I want to find the ordinary generating function for the number of at most binary trees on n unlabelled nodes.
I am trying to solve this problem using the theory of species. I am thinking the following way.:
Let $t_n$ be thenumber of trees with n vertices and let $T(x) = \sum_n t_n x^n$ be their ordinary generating function. We first pick the root of the tree and then any of the remaining branches must be an at most binary unorderedrooted tree. Thus, the generating function fo any of the branches is $(1+T(x) + T(x)^2/2)$. THus, multiplying our choice for root and the remaining branches, we have that $T(x) = x(1+T(x)+T(x)^2/2)$. From here I should just solve the recurrence and find the ordinary generating function.
I'm not sure if this reasoning is right, but in a previous problem I found the exponential generating fucntion for thenumber of at most binary trees on n laelled nodes, but I got a very similar result.
I am wondering if they way I approached this problem is right and, if not, if anyone could give me a hint for it. Thanks!

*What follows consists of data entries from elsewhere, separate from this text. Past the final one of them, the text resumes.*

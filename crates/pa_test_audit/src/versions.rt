//! What is another thing in version 2: the usable bytes of a request, and its class or direct map.
use crate::caches::{self, alloc_of};
use crate::contents::{FIRST, entry, line, rules_of};
use crate::heap::{self, First, record, roots_of, seen, took};
use crate::purges;
use crate::records::registers_of;
use pa_buckets::Class;
use pa_record::{Answer, RootAct, RootEntry};
use pa_rules::Played;
use pa_slot::OutOfMemory;
use std::alloc::Global;
use std::test::Fail;

// What is told of a run of the version in which a request gets a slot with that many usable bytes.
fn told_of_usable(
    alloc: Global,
    version: u32,
    size: u32,
    usable: u32,
) -> Result<Option<u32>, OutOfMemory> {
    let seen = seen(FIRST.start, FIRST.born, 0);
    let lines = [line(0, alloc_of(size))];
    let entries = [entry(2, 0, Answer::Made { seen, usable })];
    registers_of(alloc, rules_of(version), &lines, &entries, &[])
}

// The usable bytes of either version, also of a request that is a direct map in version 1 and has a class in version 2.
#[test]
fn registers_tell_the_usable_bytes_of_another_version(rt: HostRuntime) {
    let rows = [
        (1, 130, 152, None),
        (1, 130, 136, Some(0)),
        (2, 130, 136, None),
        (2, 130, 152, Some(0)),
        (1, 950_000, 950_264, None),
        (1, 950_000, 983_032, Some(0)),
        (2, 950_000, 983_032, None),
        (2, 950_000, 950_264, Some(0)),
    ];
    for (version, size, usable, told) in rows {
        let found = told_of_usable(rt.alloc(), version, size, usable);
        assert!(rt; found == Ok(told), "{version} {size} {usable}");
    }
}

// These records by the rules of the version.
fn in_version(version: u32, records: [Played; 4]) -> [Played; 4] {
    let mut records = records;
    for at in 0..4 {
        records[at].rules.version = version;
    }
    records
}

// Fills of each version's class of 16 bytes, of which the other version makes none.
#[test]
fn a_fill_of_the_class_of_another_version(rt: HostRuntime) -> Result<(), Fail> {
    let alloc = rt.alloc();
    let pools = [took(2, Some(0))];
    let rows = [
        (1, 0, First::Nowhere),
        (1, 59, First::Root(0, 0)),
        (2, 59, First::Nowhere),
        (2, 0, First::Root(0, 0)),
    ];
    for (version, class, told) in rows {
        let roots = purges::purge_roots(alloc, class, 0x4070, 0x4070)?;
        let records = in_version(version, purges::purge_records(8));
        let found = heap::first_of(alloc, 1, 1, &records, &pools, &roots)?;
        assert!(rt; found == told, "{version} {class}");
    }
    Ok(())
}

// What is told of a run of the version in which a request of 950,000 bytes makes this entry, in a region of that many super pages.
fn told_of_large(
    alloc: Global,
    version: u32,
    supers: u32,
    answer: Answer,
    act: RootAct,
) -> Result<First, OutOfMemory> {
    let mut records = [record(2, alloc_of(950_000), answer)];
    records[0].rules.version = version;
    let mut entries = Vec::new(alloc);
    entries.push(RootEntry { line: 2, act })?;
    let roots = roots_of(alloc, entries)?;
    let pools = [took(2, if supers == 0 { None } else { Some(0) })];
    heap::first_of(alloc, supers, 1, &records, &pools, &roots)
}

// Such a request gets a direct map in version 1.
#[test]
fn a_map_of_a_request_that_has_a_class(rt: HostRuntime) -> Result<(), Fail> {
    let rows = [(1, First::Nowhere), (2, First::Root(0, 0))];
    for (version, told) in rows {
        let made = Answer::Made {
            seen: seen(0x4000, 0, 0),
            usable: 950_264,
        };
        let act = RootAct::Map {
            pool: 0,
            slot: FIRST,
            len: 950_272,
        };
        let found = told_of_large(rt.alloc(), version, 1, made, act)?;
        assert!(rt; found == told, "{version}");
    }
    Ok(())
}

// No room for such a request: in version 1 for its direct map, in version 2 for its class.
#[test]
fn no_room_for_the_map_or_the_class_of_another_version(rt: HostRuntime) -> Result<(), Fail> {
    let rows = [
        (1, 170, First::Nowhere),
        (1, 169, First::Root(0, 0)),
        (2, 169, First::Nowhere),
        (2, 168, First::Root(0, 0)),
        (2, 170, First::Root(0, 0)),
    ];
    for (version, number, told) in rows {
        let class = Class::of(number);
        let act = RootAct::Full { class, pool: 0 };
        let full = Answer::Full { entry: 0 };
        let found = told_of_large(rt.alloc(), version, 0, full, act)?;
        assert!(rt; found == told, "{version} {number}");
    }
    Ok(())
}

// The lists of version 2: those of its least class are kept and go back in a purge, and of its greatest a thread keeps none.
#[test]
fn lists_of_version_2(rt: HostRuntime) -> Result<(), Fail> {
    let alloc = rt.alloc();
    let roots = caches::purge_roots(alloc, 59, 0x4010, 9)?;
    for (slots, told) in [(8, caches::First::Nowhere), (7, caches::First::Record(2))] {
        let records = in_version(2, caches::purge_records(slots, 0, 0x4000));
        let found = caches::first_of(alloc, 2, &records, &roots)?;
        assert!(rt; found == told, "{slots}");
    }
    for (back, told) in [(5, caches::First::Nowhere), (9, caches::First::Record(3))] {
        let roots = caches::large_roots(alloc, 169, back)?;
        let records = in_version(2, caches::large_records(950_000));
        let found = caches::first_of(alloc, 2, &records, &roots)?;
        assert!(rt; found == told, "{back}");
    }
    Ok(())
}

Your $t_n$ are the Wedderburn–Etherington numbers, OEIS A001190. Specifically, $t_n=a_{n+1}$, where the $a_n$ are the Wedderburn-Etherington numbers. The OEIS entry has copious references but neither a closed form nor an explicit generating function. It does note that the generating function $A(x)$ for the $a_n$ satisfies
$$A(x)=x+\frac12\left(A(x)^2+A(x^2)\right)$$
and
$$A(x)=1-\sqrt{1-2x-A(x^2)}\;.$$
Since $a_0=0$, $T(x)=\frac{A(x)}x$. For $n\ge 1$ the Wedderburn–Etherington numbers satisfy the recurrences
$$\begin{align*} a_{2n-1}&=\sum_{k=1}^{n-1}a_ka_{2n-k-1}\\ a_{2n}&=\frac{a_n(a_n+1)}2+\sum_{k=1}^{n-1}a_ka_{2n-k}\;, \end{align*}$$
With base case $a_1=1$. This yields the recurrences
$$\begin{align*} t_{2n}&=\sum_{k=0}^{n-1}t_kt_{2n-k-1}\\ t_{2n-1}&=\frac{t_{n-1}(t_{n-1}+1)}2+\sum_{k=1}^{n-1}t_{k-1}t_{2n-1-k} \end{align*}$$
for $n\ge 1$, with base case $t_0=1$.